Not sure what "fully" refers to here, but js-ipfs in the browser can fetch/add
content like a normal IPFS node via either websockets or webrtc. Although, TCP
connections would make a lot of things, a lot more efficient and nicer.

------
ttul
I think the author is overly critical of the limitations of a distributed file
system. With a decent incentive system (FileCoin for instance) there is no
reason that distributed file storage won’t scale really well.
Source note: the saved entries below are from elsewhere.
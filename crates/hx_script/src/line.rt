// What a line orders.
ghost use Rattle.std.specs.Prelude.{◌≡◌, ◌⊎◌, IfOk, IfErr, Ok, Err, Result, option_copied};
ghost use Rattle.hx_model.specs.Serving.{IsServedAsk};
ghost use Rattle.hx_script.specs.Lines.{line_of_text};
ghost use Rattle.hx_script.specs.Workers.{worker_order};
ghost use Rattle.hx_script.specs.Forms.{method_of, takes_body, body_of, target_of, request_in, asking_for, turning, reading_of_bytes, reading_of_text, reading_of};
ghost use Rattle.hx_script.specs.Inside.{IsServedOrder, IsUnread};

use crate::order::Order;
use crate::words::cut;
use crate::worker::worker_order;
use hx_api::{Method, RequestReader};
use hx_model::{Ask, Refusal};
use std::alloc::Global;

/// The most bytes of a line.
const MOST_LINE_BYTES: usize = 131_072;

/// Why a line orders nothing.
#[derive(Drop)]
pub enum Unread {
    /// It is refused, for want of memory too.
    Refused(Refusal),
    /// A worker takes a key that it names, and no memory was left for the key.
    LostTake { worker: u32 },
}

/// What a line orders, or why it orders nothing.
pub fn read_line(reader: &mut RequestReader, alloc: Global, line: &[u8]) -> Result<Order, Unread>
    ensures orders { IfOk result (λ order. reading_of (line_of_text line.now) ≡ Ok order) }
    ensures served { IfOk result IsServedOrder }
    ensures unread { IfErr result (λ unread. IsUnread (reading_of (line_of_text line.now)) unread) }
{
    if line.len() > MOST_LINE_BYTES {
        return Err(Unread::Refused(Refusal::TooLong));
    }
    read_bytes(reader, alloc, line)
}

/// What the bytes of a line order. Bytes that aren't UTF-8 order nothing.
fn read_bytes(reader: &mut RequestReader, alloc: Global, line: &[u8]) -> Result<Order, Unread>
    ensures orders { IfOk result (λ order. reading_of_bytes line.now ≡ Ok order) }
    ensures served { IfOk result IsServedOrder }
    ensures unread { IfErr result (λ unread. IsUnread (reading_of_bytes line.now) unread) }
{
    match str::from_utf8(line) {
        Ok(text) => read_text(reader, alloc, text),
        Err(_) => Err(Unread::Refused(Refusal::BadLine)),
    }
}

#[tactic(auto, unfolding(crate::specs::Forms::reading_of_text))]
fn read_text(reader: &mut RequestReader, alloc: Global, text: &str) -> Result<Order, Unread>
    ensures orders { IfOk result (λ order. reading_of_text text.now ≡ Ok order) }
    ensures served { IfOk result IsServedOrder }
    ensures unread { IfErr result (λ unread. IsUnread (reading_of_text text.now) unread) }
{
    let (word, rest) = cut(text);
    match method_of(word) {
        None => read_turn(alloc, text),
        Some(method) => asked(read_request(reader, method, rest)),
    }
}

/// What a line orders that has no method.
fn read_turn(alloc: Global, text: &str) -> Result<Order, Unread>
    ensures orders { IfOk result (λ order. turning (worker_order text.now) ≡ Ok order) }
    ensures served { IfOk result IsServedOrder }
    ensures unread { IfErr result (λ unread. IsUnread (turning (worker_order text.now)) unread) }
{
    match worker_order(alloc, text) {
        Ok(Some(order)) => Ok(order),
        Ok(None) => Err(Unread::Refused(Refusal::BadLine)),
        Err(lost) => Err(Unread::LostTake {
            worker: lost.worker,
        }),
    }
}

/// A request as an order.
fn asked(ask: Result<Ask, Refusal>) -> Result<Order, Unread>
    requires served { IfOk ask IsServedAsk }
    ensures orders { IfOk result (λ order. (reading : Result Ask Refusal) → IfOk ask (λ ask. reading ≡ Ok ask) → asking_for reading ≡ Ok order) }
    ensures served { IfOk result IsServedOrder }
    ensures unread { IfErr result (λ unread. (reading : Result Ask Refusal) → IfErr ask (λ refusal. (refusal ≡ Refusal.NoMemory) ⊎ (reading ≡ Err refusal)) → IsUnread (asking_for reading) unread) }
{
    match ask {
        Ok(ask) => Ok(Order::Ask(ask)),
        Err(refusal) => Err(Unread::Refused(refusal)),
    }
}

/// What the method of a line and what follows it ask.
fn read_request(
    reader: &mut RequestReader,
    method: Method,
    rest: Option<&str>,
) -> Result<Ask, Refusal>
    ensures asks { IfOk result (λ ask. request_in method (option_copied rest.entry) ≡ Ok ask) }
    ensures refused { IfErr result (λ refusal. (refusal ≡ Refusal.NoMemory) ⊎ (request_in method (option_copied rest.entry) ≡ Err refusal)) }
    ensures served { IfOk result IsServedAsk }
{
    let Some(rest) = rest else {
        return Err(Refusal::BadLine);
    };
    let (word, rest) = cut(rest);
    let Some(target) = target_of(word) else {
        return Err(Refusal::BadLine);
    };
    let Some(body) = body_of(method, rest) else {
        return Err(Refusal::BadLine);
    };
    reader.read_ask(method, target, body.as_bytes())
}

fn method_of(word: &str) -> Option<Method>
    ensures { result ≡ method_of word.now }
{
    match word {
        "GET" => Some(Method::Get),
        "POST" => Some(Method::Post),
        "PUT" => Some(Method::Put),
        "DELETE" => Some(Method::Delete),
        _ => None,
    }
}

/// The text as a target, where it is one.
fn target_of(text: &str) -> Option<&str>
    ensures { option_copied result ≡ target_of text.now }
{
    match text.as_bytes() {
        [b'/', ..] => Some(text),
        _ => None,
    }
}

/// The body that follows the target, where the method may have it.
fn body_of(method: Method, rest: Option<&str>) -> Option<&str>
    ensures { option_copied result ≡ body_of method (option_copied rest.entry) }
{
    match rest {
        None => Some(""),
        Some(body) => { if takes_body(method) { Some(body) } else { None } }
    }
}

fn takes_body(method: Method) -> bool
    ensures { result ≡ takes_body method }
{
    matches!(method, Method::Post | Method::Put)
}
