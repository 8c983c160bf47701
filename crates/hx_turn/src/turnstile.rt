// Where callers wait before they draw a ticket.
use crate::turn::Patience;
use std::sync::Wait;
use std::sync::atomic::{AtomicU64, Ordering};
use std::{hint, thread};

/// Nobody is through.
const FREE: u64 = 0;
/// A caller is through.
const TAKEN: u64 = 1;
/// A caller is through, and others may sleep.
const AWAITED: u64 = 2;

/// Lets one caller at a time through to the tickets, whichever comes first where it is free.
///
/// Tickets alone would pass the turn on to the next in line, also where that thread sleeps or has no processor, and all others would wait for it. Who is let through is served as soon as its ticket is drawn, and a thread that runs goes before those that sleep.
///
/// It is no lock, and no contract speaks of it: a caller whose patience ends goes through as well, so that nobody waits here without end, and tickets say who is served.
#[derive(Drop)]
pub(crate) struct Turnstile {
    state: AtomicU64,
}

impl Turnstile {
    pub(crate) fn new() -> Turnstile {
        Turnstile {
            state: AtomicU64::new(FREE),
        }
    }

    /// Waits until it is free, or patience ends, and goes through.
    pub(crate) fn enter<R: Wait>(&self, rt: &R, patience: &Patience) {
        if self.look(patience.looks, TAKEN) {
            return;
        }
        if self.look_between_others(patience.yields) {
            return;
        }
        self.sleep(rt, patience);
    }

    /// Makes it free for the next one, and wakes one of those that sleep.
    pub(crate) fn leave(&self) {
        if self.state.swap(FREE, Ordering::SeqCst) == AWAITED {
            self.state.wake_one();
        }
    }

    /// Looks so often, one look right behind the other, and answers whether it went through.
    fn look(&self, looks: u64, taken: u64) -> bool {
        for _ in 0..looks {
            if self.take(taken) {
                return true;
            }
            hint::spin_loop();
        }
        false
    }

    /// Looks so often, and lets other threads run between two looks. It answers whether it went through.
    fn look_between_others(&self, yields: u64) -> bool {
        for _ in 0..yields {
            if self.take(TAKEN) {
                return true;
            }
            thread::yield_now();
        }
        false
    }

    /// Sleeps until it is free, and so often at most. Whoever slept leaves it awaited, since others may sleep still.
    fn sleep<R: Wait>(&self, rt: &R, patience: &Patience) {
        for _ in 0..patience.sleeps {
            if self.state.swap(AWAITED, Ordering::SeqCst) == FREE {
                return;
            }
            self.state.park(rt, AWAITED as u32);
            if self.look(patience.looks, AWAITED) {
                return;
            }
        }
        if patience.sleeps > 0 {
            self.state.store(AWAITED, Ordering::SeqCst);
        }
    }

    /// Takes it where it is free.
    fn take(&self, taken: u64) -> bool {
        if self.state.load(Ordering::SeqCst) != FREE {
            return false;
        }
        self.state
            .compare_exchange(FREE, taken, Ordering::SeqCst, Ordering::SeqCst)
            .is_ok()
    }
}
I for one have a stack of SSDs waiting for FileCoin to arrive. I am keen to
leverage the 10Gbps fiber in my office to start ghetto hosting for some $$.

------
woodandsteel
>IPFS may be a way of sticking it to the man. But the invisible hand of the
free market forces also help here; when one big corporation starts playing
foul and upsets the users, new companies and startups quickly move in to
disrupt the space and fill in the void.

No, once someone like Facebook gets a monopoly, it becomes impossible for a
startup to get anywhere. It is hard for me to believe the author doesn't know
this.

He also doesn't address the problem of web companies going out of business,
like Geocities, so you lose all your data forever. Likewise the if-you're-not-
the-customer-you-are-the-product problem that is behind so many ills today. As
far as defeating governmental censorship goes, IPFS is being combined with
Tor.

In general, he seems to be looking at things from the perspective of someone
who works for a company based on the present centralization model, rather than
the perspective of those who are suffering under it and could solve a lot of
problems with IPFS.

------
amelius
I don't understand his argument surrounding scalability. Isn't IPFS naturally
scalable?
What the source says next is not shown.